Uns trinta quilómetros – retorquiu… - até catorze em ponto – concluiu.

Os pneus chiavam no asfalto quente. ‘’Deus nos acuda para que nenhum pneu saia’’ – pensava para consigo mesmo um passageiro que se sentava mais para a primeira cadeira do lado contrário do motorista.
Viu todas formas de subornar a polícia, dinheiro dobrado em forma de beata de cigarro, outro em forma de dado anexo na carta, e para disfarçar se transferiam no aperto de mão.
Catorze em ponto, o bus freava a uns trezentos metros.

– Trinta minutos para almoço – berrou o cobrador.

Nos olhos de alguns se via a preocupação vasculhando pelo Sr. que lhes prometera o almoço. Os que não tinham fiança em suas palavras acorreram ao balcão pagar um prato.

– Quanto custa…? – perguntou uma senhorita apontando com o dedo sem nenhuma precisão.

– Arroz, frango ou batata duzentos meticais – replicou o garçon, um somaliano de cara chupada, - …peixe e camarão trezentos meticais – concluiu. O sr. que prometera almoço dobrava-se com o cobrador numa das gavetas dos laterais do bus, cabeças ocultas.

– Não. Essa outra maleta preta - explicava o Sr.
Os que se sentavam no corredor, desceram há muito, sobrava a lotação exacta do bus, 64 passageiros incluindo o fiscal 65. O sr. desembolsou todo o valor que tinha pagando almoço e refresco para todos como prometera e desejou:

- Feliz Natal, a todos!!!

Comeram. Riram. Conversaram.
Catorze e trinta, o motor que permanecia a roncar, roncou mais com estrondo. Os pneus guincharam de volta a marcha. Impôs-se um silêncio minúsculo. Num velho sentado no lado contrário do sr. que pagara o almoço, se lia traços de preocupação no semblante como se faltasse verbo para perguntar:

- Por que, então, o sr. queria se suicidar?, em tanto provara ser  decidido nas usas palavras.

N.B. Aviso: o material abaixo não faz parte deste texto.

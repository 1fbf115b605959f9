//! The settlement of a dispatch.

ghost use Rattle.std.specs.Prelude.{◌≡◌, length, map, IfOk, IfErr};
ghost use Rattle.fraction_theory.specs.Order.{◌≤ℚ◌};
ghost use Rattle.fraction_theory.specs.Sums.{sum_by, total};
ghost use Rattle.market_model.specs.Dispatch.{zero, dispatch_with};
ghost use Rattle.market_model.specs.Fitting.{FitsMoney};
ghost use Rattle.market_model.specs.Laws.{HasOffsetsWithin};
ghost use Rattle.market_model.specs.NamedSums.{IsRefusedIn};
ghost use Rattle.market_model.specs.Optimality.{ProperDuals, IsSupportedAt};
ghost use Rattle.market_model.specs.Valued.{duals_at, money_at, passed_at, total_at, load_at, unit_pay_at};
ghost use Rattle.market_model.specs.PutIn.{dispatch_of};
ghost use Rattle.market_model.specs.RightAnswers.{settlement_at};
ghost use Rattle.market_model.specs.Settlement.{paid_terms};
ghost use Rattle.limit_screen.specs.Flows.{flows_at};
ghost use Rattle.settlement.specs.Refusals.{IsMoneyStop, IsSettlementStop};

use crate::loads::loads;
use crate::offers::reserve_pays;
use crate::rents::rents;
use crate::units::{lost_prices, unit_pays};
use bus_prices::own_prices;
use exact_fraction::{Exact, Passed, exact_sum};
use limit_screen::flows_made;
use market_model::{Duals, Load, Market, Money, Price, Stop, UnitPay, datum};
use std::alloc::Global;

/// What loads pay, in bus order, less what units are paid, in unit order.
fn surplus<N: Exact>(loads: &[Load<N>], units: &[UnitPay<N>]) -> Result<N, Passed<N>>
    ensures left { IfOk result (λ left. N.value left ≡ total (paid_terms (map (load_at N.value) loads.now) (map (unit_pay_at N.value) units.now))) }
    ensures stops { IfErr result (λ passed. IsRefusedIn (paid_terms (map (load_at N.value) loads.now) (map (unit_pay_at N.value) units.now)) N.bound (passed_at N.value passed)) }
{
    let mut surplus: N = datum(0);
    for load in loads {
        surplus = exact_sum(surplus, load.pays)?;
    }
    for unit in units {
        surplus = exact_sum(surplus, unit.paid.neg())?;
    }
    Ok(surplus)
}

/// The settlement of a dispatch whose flows are known: what each bus puts in, then what each line carries, and then what the unit of each
/// outage of a unit puts out, as `limit_screen::flows` puts them, in 10^-9 MW: blocks alone decide them. The rest as in `settle`.
pub fn settle_flows<N: Exact>(
    alloc: Global,
    market: &Market,
    dispatch: &[N],
    reserve: &[N],
    flows: &[N],
    prices: &[Price<N>],
    duals: &Duals<N>,
) -> Result<Money<N>, Stop<N>>
    requires dispatch { length dispatch.now ≡ length market.now.blocks }
    requires reserve { length reserve.now ≡ length market.now.reserve.offers }
    requires flows { map N.value flows.now ≡ flows_at market.now (dispatch_of N.value dispatch.now) }
    requires prices { length prices.now ≡ length market.now.buses }
    requires duals { ProperDuals market.now (duals_at N.value duals.now) }
    ensures money { IfOk result (λ money. money_at N.value money ≡ settlement_at market.now (dispatch_with (map N.value dispatch.now) (map N.value reserve.now)) (total_at N.value prices.now) (duals_at N.value duals.now)) }
    ensures fits { IfOk result (FitsMoney market.now duals.now) }
    ensures surplus_is_rents { IfOk result (λ money. IsSupportedAt market.now (dispatch_with (map N.value dispatch.now) (map N.value reserve.now)) (total_at N.value prices.now) (duals_at N.value duals.now) → N.value money.surplus ≡ sum_by (λ rent. N.value rent.rent) money.rents) }
    ensures not_negative { IfOk result (λ money. IsSupportedAt market.now (dispatch_with (map N.value dispatch.now) (map N.value reserve.now)) (total_at N.value prices.now) (duals_at N.value duals.now) → HasOffsetsWithin market.now (duals_at N.value duals.now) → zero ≤ℚ N.value money.surplus) }
    ensures stops { IfErr result (IsMoneyStop N.value N.bound market.now (dispatch_with (map N.value dispatch.now) (map N.value reserve.now)) (total_at N.value prices.now) (duals_at N.value duals.now)) }
{
    let _lines = market.lines();
    let by_unit = own_prices(alloc, market, duals, prices)?;
    let units = unit_pays(alloc, market, dispatch, &by_unit)?;
    let own = lost_prices(alloc, market, &by_unit)?;
    let loads = loads(alloc, market, prices)?;
    let rents = rents(alloc, market, flows, duals)?;
    let surplus = surplus(loads.slice(), units.slice())?;
    let reserve = reserve_pays(alloc, reserve, duals.reserve)?;
    Ok(Money {
        units,
        own,
        loads,
        rents,
        surplus,
        reserve,
    })
}

/// The settlement of a dispatch at bus prices, one for each bus, with duals as an answer has them: what units are paid, each at its own
/// price, what loads pay and limits with duals earn, and what offers of reserve are paid at its price. MW are in 10^-9, prices in 10^-6 per MWh, money in 10^-15. The prices may be any;
/// where they are those of the duals, the money is that of a right answer (`laws::money_is_right`).
pub fn settle<N: Exact>(
    alloc: Global,
    market: &Market,
    dispatch: &[N],
    reserve: &[N],
    prices: &[Price<N>],
    duals: &Duals<N>,
) -> Result<Money<N>, Stop<N>>
    requires dispatch { length dispatch.now ≡ length market.now.blocks }
    requires reserve { length reserve.now ≡ length market.now.reserve.offers }
    requires prices { length prices.now ≡ length market.now.buses }
    requires duals { ProperDuals market.now (duals_at N.value duals.now) }
    ensures money { IfOk result (λ money. money_at N.value money ≡ settlement_at market.now (dispatch_with (map N.value dispatch.now) (map N.value reserve.now)) (total_at N.value prices.now) (duals_at N.value duals.now)) }
    ensures fits { IfOk result (FitsMoney market.now duals.now) }
    ensures surplus_is_rents { IfOk result (λ money. IsSupportedAt market.now (dispatch_with (map N.value dispatch.now) (map N.value reserve.now)) (total_at N.value prices.now) (duals_at N.value duals.now) → N.value money.surplus ≡ sum_by (λ rent. N.value rent.rent) money.rents) }
    ensures not_negative { IfOk result (λ money. IsSupportedAt market.now (dispatch_with (map N.value dispatch.now) (map N.value reserve.now)) (total_at N.value prices.now) (duals_at N.value duals.now) → HasOffsetsWithin market.now (duals_at N.value duals.now) → zero ≤ℚ N.value money.surplus) }
    ensures stops { IfErr result (IsSettlementStop N.value N.bound market.now (dispatch_with (map N.value dispatch.now) (map N.value reserve.now)) (total_at N.value prices.now) (duals_at N.value duals.now)) }
{
    let flows = flows_made(alloc, market, dispatch)?;
    settle_flows(alloc, market, dispatch, reserve, &flows, prices, duals)
}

 – Não devia estar a brincar depois de despender elevadas somas avultadas num momento de crise financeira – pensou o velho.
Foi assim por um longo momento antes que o sr. pedisse descer na paragem seguinte, numa área deserta, silencio.
– Desço no cajueiro - gritou o sr.
No exacto momento, a voz do velho soltou-se quebrando o ruído do motor:
Vai-se suicidar?
–Sim – acenou o sr. com a cabeça afirmando positivamente.
Fora de si, o velho quis insistir, mas não houve mais tempo, o sr. saiu e o motor retornou  a roncar e os pneus guincharam.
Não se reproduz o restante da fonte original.